= Roy Judkins =

American soldier

Roy Eugene Judkins (Austell, 26 July 1943 - Augusta, 14 February 2002) was an American soldier. He served with distinction in the U.S. Army Ordnance Corps as an Explosive Ordnance Disposal Specialist from 1961 until 1978. He served in Vietnam with the 184th Ordnance Battalion (EOD). He was a member of the Explosive Ordnance Disposal Team providing direct support to the 173rd Airborne Brigade.

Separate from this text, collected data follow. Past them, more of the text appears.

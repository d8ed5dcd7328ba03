//! A buffer that is appended to, and can be put back.

ghost use Rattle.std.specs.Prelude.{◌≡◌, ◌++◌, [], OnOk, Ok, Err, MatchResult};

use crate::fault::EncodeFault;
use std::alloc::AllocError;
use std::marker::Model;
use std::mem;

/// A buffer, and the place in it where what is added begins.
#[derive(Drop)]
pub struct Appender {
    buf: Vec<u8>,
    start: usize,
}

impl Model for Appender {
    ghost use Rattle.std.specs.Prelude.{◌≤◌, take, drop, vec_len};
    ghost use Rattle.pg_codec.specs.Private.Writer.{Appended};

    ghost Value = { Appended };

    ghost view = { λ a. record {
      before = take a.start a.buf.items;
      added = drop a.start a.buf.items;
    } };

    ghost invariant = { λ a. a.start ≤ vec_len a.buf };
}

impl Appender {
    fn new(buf: Vec<u8>) -> Appender
        ensures before { result.before ≡ buf.items }
        ensures added { result.added ≡ [] }
    {
        let start = buf.len();
        Appender { buf, start }
    }

    /// Takes the buffer's bytes, to append to.
    pub fn begin(buf: &mut Vec<u8>) -> Appender
        ensures before { result.before ≡ buf.old.items }
        ensures added { result.added ≡ [] }
    {
        let alloc = *buf.allocator();
        Appender::new(mem::replace(buf, Vec::new(alloc)))
    }

    /// Appends bytes.
    pub fn put(&mut self, bytes: &[u8]) -> Result<(), AllocError>
        ensures before { self.new.before ≡ self.old.before }
        ensures added { OnOk result (self.new.added ≡ self.old.added ++ bytes.now) }
    {
        self.buf.extend_from_slice(bytes)
    }

    fn finish(self) -> Vec<u8>
        ensures { result.items ≡ self.before ++ self.added }
    {
        let Appender { buf, start: _ } = self;
        buf
    }

    fn put_back(self) -> Vec<u8>
        ensures { result.items ≡ self.before }
    {
        let Appender { mut buf, start } = self;
        buf.truncate(start);
        buf
    }

    /// Gives the buffer its bytes back, with what was added unless memory ran out.
    pub fn settle(
        self,
        buf: &mut Vec<u8>,
        written: Result<(), AllocError>,
    ) -> Result<(), EncodeFault>
        ensures { MatchResult written (λ _. (result ≡ Ok record {})
            × (buf.new.items ≡ self.before ++ self.added)) (λ _. (result ≡ Err EncodeFault.Memory)
            × (buf.new.items ≡ self.before)) }
    {
        match written {
            Ok(()) => {
                *buf = self.finish();
                Ok(())
            }
            Err(_) => {
                *buf = self.put_back();
                Err(EncodeFault::Memory)
            }
        }
    }
}
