//! What the tools of pgpipe share: text that is collected and sent, how much is received, why the work stops, and how a tool fails.
//!
//! | File | What it has |
//! |---|---|
//! | `outbox.rt` | a buffer of 64 KiB that collects lines, and is sent when it is full and where its owner says so (`flush`) |
//! | `receiving.rt` | how much is received at once, how often, and that all was sent before |
//! | `stop.rt` | why the work stops, what is sent then, and what is returned for it |
//! | `hexadecimal.rt` | bytes in hexadecimal |
//! | `fault.rt` | how a tool fails: the device, or memory |
#![tactic(auto)]

mod fault;
mod hexadecimal;
pub mod outbox;
pub mod receiving;
mod stop;

pub use fault::ToolFault;
pub use stop::Stop;
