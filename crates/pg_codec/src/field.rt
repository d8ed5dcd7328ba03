//! Fields that stand in lists: how each is judged, written and read.

ghost use Rattle.std.specs.Prelude.{◌≡◌, ◌<◌, ◌^◌, ◌++◌, ℕ, List, length, Option, OnOk};
ghost use Rattle.std.specs.Prelude.{option_copied};
ghost use Rattle.std.specs.Int.{w16, w32};
ghost use Rattle.pg_codec.specs.Field.{Body, int16, oid, value};
ghost use Rattle.pg_codec.specs.Value.{column, parameter};
ghost use Rattle.pg_codec.specs.Private.Writer.{LeavesRoom};
ghost use Rattle.pg_codec.specs.Private.Lent.{left_after};
ghost use Rattle.pg_codec.specs.Private.Reader.{Gives, number_at, signed_at, value_at, column_at};
ghost use Rattle.pg_codec.specs.Private.Reader.{error_field_at, parameter_at};

use crate::after::{after_i32, after_name, after_text};
use crate::appender::Appender;
use crate::fault::BodyFault;
use crate::lent::{lent_field_at, lent_value_at};
use crate::reader::{copy_of, i16_at, i32_at, name_at, nonzero_at, text_at, u32_at};
use crate::value::{Column, ErrorField};
use crate::writer::{room_after_bytes, room_after_text, text_has_zero, write_text};
use pg_seq::Seq;
use std::alloc::{AllocError, Global};

/// A field of a message that may stand many times, as it is written.
pub trait Field: Drop {
    // the field as it is spelled
    ghost layout: { Self → Body };

    /// Whether a String of the field has a zero byte.
    fn has_zero(&self) -> bool
        ensures { result ≡ (layout self.now).has_zero };

    /// The room that is left after the field.
    fn room_after(&self, room: u32) -> Option<u32>
        ensures { LeavesRoom room (length (layout self.now).bytes) result };

    /// Appends the field.
    fn write(&self, out: &mut Appender) -> Result<(), AllocError>
        requires { length (layout self.now).bytes < 2 ^ 32 }
        ensures before { out.new.before ≡ out.old.before }
        ensures added { OnOk result (out.new.added ≡ out.old.added ++ (layout self.now).bytes) }
        ensures of_type { OnOk result (layout self.now).IsOfType };
}

/// A field of a message that may stand many times, as it is read.
pub trait ReadField: Drop {
    // how reading goes: the value and the bytes after it
    ghost reading: { List ℕ → Option (Self × List ℕ) };

    /// The field at the beginning of the bytes, and the bytes after it.
    fn read(alloc: Global, bytes: &[u8]) -> Result<(Self, &[u8]), BodyFault>
    where
        Self: Sized,
        ensures { Gives (λ x. (x.0, x.1.now)) result (reading bytes.now) };

    /// The bytes after the field at their beginning, which isn't made; None where there is none.
    fn after(bytes: &[u8]) -> Option<&[u8]>
        ensures { option_copied result ≡ left_after (reading bytes.now) };
}

impl Field for i16 {
    ghost layout = { int16 };

    fn has_zero(&self) -> bool {
        false
    }

    fn room_after(&self, room: u32) -> Option<u32> {
        room.checked_sub(2)
    }

    fn write(&self, out: &mut Appender) -> Result<(), AllocError> {
        out.put(&self.to_be_bytes())
    }
}

impl ReadField for i16 {
    ghost reading = { signed_at w16 };

    fn read(_alloc: Global, bytes: &[u8]) -> Result<(i16, &[u8]), BodyFault> {
        i16_at(bytes)
    }

    fn after(bytes: &[u8]) -> Option<&[u8]> {
        match i16_at(bytes) {
            Ok((_, rest)) => Some(rest),
            Err(_) => None,
        }
    }
}

impl Field for u32 {
    ghost layout = { oid };

    fn has_zero(&self) -> bool {
        false
    }

    fn room_after(&self, room: u32) -> Option<u32> {
        room.checked_sub(4)
    }

    fn write(&self, out: &mut Appender) -> Result<(), AllocError> {
        out.put(&self.to_be_bytes())
    }
}

impl ReadField for u32 {
    ghost reading = { number_at w32 };

    fn read(_alloc: Global, bytes: &[u8]) -> Result<(u32, &[u8]), BodyFault> {
        u32_at(bytes)
    }

    fn after(bytes: &[u8]) -> Option<&[u8]> {
        match u32_at(bytes) {
            Ok((_, rest)) => Some(rest),
            Err(_) => None,
        }
    }
}

impl Field for Option<Seq<u8>> {
    ghost layout = { value };

    fn has_zero(&self) -> bool {
        false
    }

    fn room_after(&self, room: u32) -> Option<u32> {
        let room = room.checked_sub(4)?;
        match self {
            None => Some(room),
            Some(bytes) => room_after_bytes(bytes.as_slice(), room),
        }
    }

    fn write(&self, out: &mut Appender) -> Result<(), AllocError> {
        match self {
            None => out.put(&[255, 255, 255, 255]),
            Some(bytes) => {
                let bytes = bytes.as_slice();
                out.put(&(bytes.len() as u32).to_be_bytes())?;
                out.put(bytes)
            }
        }
    }
}

impl ReadField for Option<Seq<u8>> {
    ghost reading = { value_at };

    #[tactic(auto, unfolding(crate::specs::Private::Reader::value_at))]
    fn read(alloc: Global, bytes: &[u8]) -> Result<(Option<Seq<u8>>, &[u8]), BodyFault> {
        let (len, rest) = u32_at(bytes)?;
        // the length -1
        if len == u32::MAX {
            return Ok((None, rest));
        }
        if len > i32::MAX as u32 || rest.len() < len as usize {
            return Err(BodyFault::Bad);
        }
        let (bytes, rest) = rest.split_at(len as usize);
        Ok((Some(copy_of(alloc, bytes)?), rest))
    }

    fn after(bytes: &[u8]) -> Option<&[u8]> {
        let (_, rest) = lent_value_at(bytes)?;
        Some(rest)
    }
}

/// A value that is lent.
impl Field for Option<&[u8]> {
    ghost layout = { λ v. value (option_copied v) };

    fn has_zero(&self) -> bool {
        false
    }

    fn room_after(&self, room: u32) -> Option<u32> {
        let room = room.checked_sub(4)?;
        match self {
            None => Some(room),
            Some(bytes) => room_after_bytes(bytes, room),
        }
    }

    fn write(&self, out: &mut Appender) -> Result<(), AllocError> {
        match self {
            None => out.put(&[255, 255, 255, 255]),
            Some(bytes) => {
                out.put(&(bytes.len() as u32).to_be_bytes())?;
                out.put(bytes)
            }
        }
    }
}

impl Field for Column {
    ghost layout = { column };

    fn has_zero(&self) -> bool {
        text_has_zero(self.name.as_slice())
    }

    fn room_after(&self, room: u32) -> Option<u32> {
        room_after_text(self.name.as_slice(), room)?.checked_sub(18)
    }

    fn write(&self, out: &mut Appender) -> Result<(), AllocError> {
        write_text(self.name.as_slice(), out)?;
        out.put(&self.table_oid.to_be_bytes())?;
        out.put(&self.attribute.to_be_bytes())?;
        out.put(&self.type_oid.to_be_bytes())?;
        out.put(&self.size.to_be_bytes())?;
        out.put(&self.modifier.to_be_bytes())?;
        out.put(&self.format.to_be_bytes())
    }
}

impl ReadField for Column {
    ghost reading = { column_at };

    #[tactic(auto, unfolding(crate::specs::Private::Reader::column_at))]
    fn read(alloc: Global, bytes: &[u8]) -> Result<(Column, &[u8]), BodyFault> {
        let (name, rest) = text_at(alloc, bytes)?;
        let (table_oid, rest) = u32_at(rest)?;
        let (attribute, rest) = i16_at(rest)?;
        let (type_oid, rest) = u32_at(rest)?;
        let (size, rest) = i16_at(rest)?;
        let (modifier, rest) = i32_at(rest)?;
        let (format, rest) = i16_at(rest)?;
        let column = Column {
            name,
            table_oid,
            attribute,
            type_oid,
            size,
            modifier,
            format,
        };
        Ok((column, rest))
    }

    #[tactic(auto, unfolding(crate::specs::Private::Reader::column_at))]
    fn after(bytes: &[u8]) -> Option<&[u8]> {
        let rest = after_text(bytes)?;
        let rest = u32::after(rest)?;
        let rest = i16::after(rest)?;
        let rest = u32::after(rest)?;
        let rest = i16::after(rest)?;
        let rest = after_i32(rest)?;
        i16::after(rest)
    }
}

/// A parameter of a startup packet: its name, which isn't empty, and its value.
impl Field for (Seq<u8>, Seq<u8>) {
    ghost layout = { parameter };

    fn has_zero(&self) -> bool {
        text_has_zero(self.0.as_slice()) || text_has_zero(self.1.as_slice())
    }

    fn room_after(&self, room: u32) -> Option<u32> {
        let room = room_after_text(self.0.as_slice(), room)?;
        room_after_text(self.1.as_slice(), room)
    }

    fn write(&self, out: &mut Appender) -> Result<(), AllocError> {
        write_text(self.0.as_slice(), out)?;
        write_text(self.1.as_slice(), out)
    }
}

impl ReadField for (Seq<u8>, Seq<u8>) {
    ghost reading = { parameter_at };

    #[tactic(auto, unfolding(crate::specs::Private::Reader::parameter_at))]
    fn read(alloc: Global, bytes: &[u8]) -> Result<((Seq<u8>, Seq<u8>), &[u8]), BodyFault> {
        let (name, rest) = name_at(alloc, bytes)?;
        let (value, rest) = text_at(alloc, rest)?;
        Ok(((name, value), rest))
    }

    #[tactic(auto, unfolding(crate::specs::Private::Reader::parameter_at))]
    fn after(bytes: &[u8]) -> Option<&[u8]> {
        after_text(after_name(bytes)?)
    }
}

/// A parameter that is lent.
impl Field for (&[u8], &[u8]) {
    ghost layout = { λ p. parameter (p.0.now, p.1.now) };

    fn has_zero(&self) -> bool {
        text_has_zero(self.0) || text_has_zero(self.1)
    }

    fn room_after(&self, room: u32) -> Option<u32> {
        let room = room_after_text(self.0, room)?;
        room_after_text(self.1, room)
    }

    fn write(&self, out: &mut Appender) -> Result<(), AllocError> {
        write_text(self.0, out)?;
        write_text(self.1, out)
    }
}

impl ReadField for ErrorField {
    ghost reading = { error_field_at };

    #[tactic(auto, unfolding(crate::specs::Private::Reader::error_field_at))]
    fn read(alloc: Global, bytes: &[u8]) -> Result<(ErrorField, &[u8]), BodyFault> {
        let (code, rest) = nonzero_at(bytes)?;
        let (value, rest) = text_at(alloc, rest)?;
        Ok((ErrorField { code, value }, rest))
    }

    fn after(bytes: &[u8]) -> Option<&[u8]> {
        let (_, rest) = lent_field_at(bytes)?;
        Some(rest)
    }
}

SSG Judkins was awarded the Distinguished Service Cross for extraordinary heroism in action from 4 December through 8 December 1968 in the Republic of Vietnam. SSG Judkins distinguished himself by removing live explosive devices from the extremities of two Republic of Vietnam soldiers. SSG Judkins was honorably discharged from the military in 1978 with 17 years of honorable service.

== Early life ==
Roy Judkins was born July 26, 1943. Roy's father was a Sergeant in the United States Army so he moved around a lot as a child, including living overseas for several years.

== Military ==
Roy Judkins enlisted in the army a few weeks shy of turning eighteen years of age, so he needed his father's permission. Since he was a military man himself, Roy's father knew how much it would mean to his son. It was always Roy's dream to be in the military. Roy started his long military career as a ranger. Roy put himself in danger and went under enemy fire to rescue a patrol from a mine field. He got on his hands and knees and used only a bayonet to rescue his patrol. On his first trip out, he brought back 3 casualties, 2 wounded and 1 KIA, while disarming 4 mines. One of Roy's greatest achievements in his military career, is when he and several members of his patrol operated on enemy soldiers from behind sandbags. Roy put himself into danger by removing live explosive devices from the extremities from the wounded men so that the regular surgeons could operate on them without any risk to themselves.

== After the Military ==
After the military, Judkins was 100% disabled, mainly from issues that were service related. He would visit military complexes and speak with other soldiers to tell his story. One speech in particular, went to the men of the Explosive Ordnance Training Department. He would spend the rest of his days with his wife, Betty, in their small home in Martinez, Georgia.

== Honors ==
 On November 8, 2005, SSG Judkins was awarded the Distinguished Service Cross on February 2, 1998, for extraordinary heroism in connection with military operations involving conflict with an armed hostile. SSG Judkins has also earned a plaque at Heroes' Overlook, which is still there today. On May 13, 1993, Roy was inducted in the Ordnance Hall of Fame. Roy is the highest decorated EOD service ember in the United States Department of Defense. He has been awarded the Bronze Star Medal for Valor for extraordinary valorous actions on August 11, 1968. Roy was recognized as an "honorary" first sergeant of the Headquarters and Headquarters Company. SSG Judkins was later quoted for saying "This is the greatest honor ever bestowed on me and that is the straight, honest truth." Roy has his picture and a biography of his life on permanent display in the United States Army Ordnance Museum.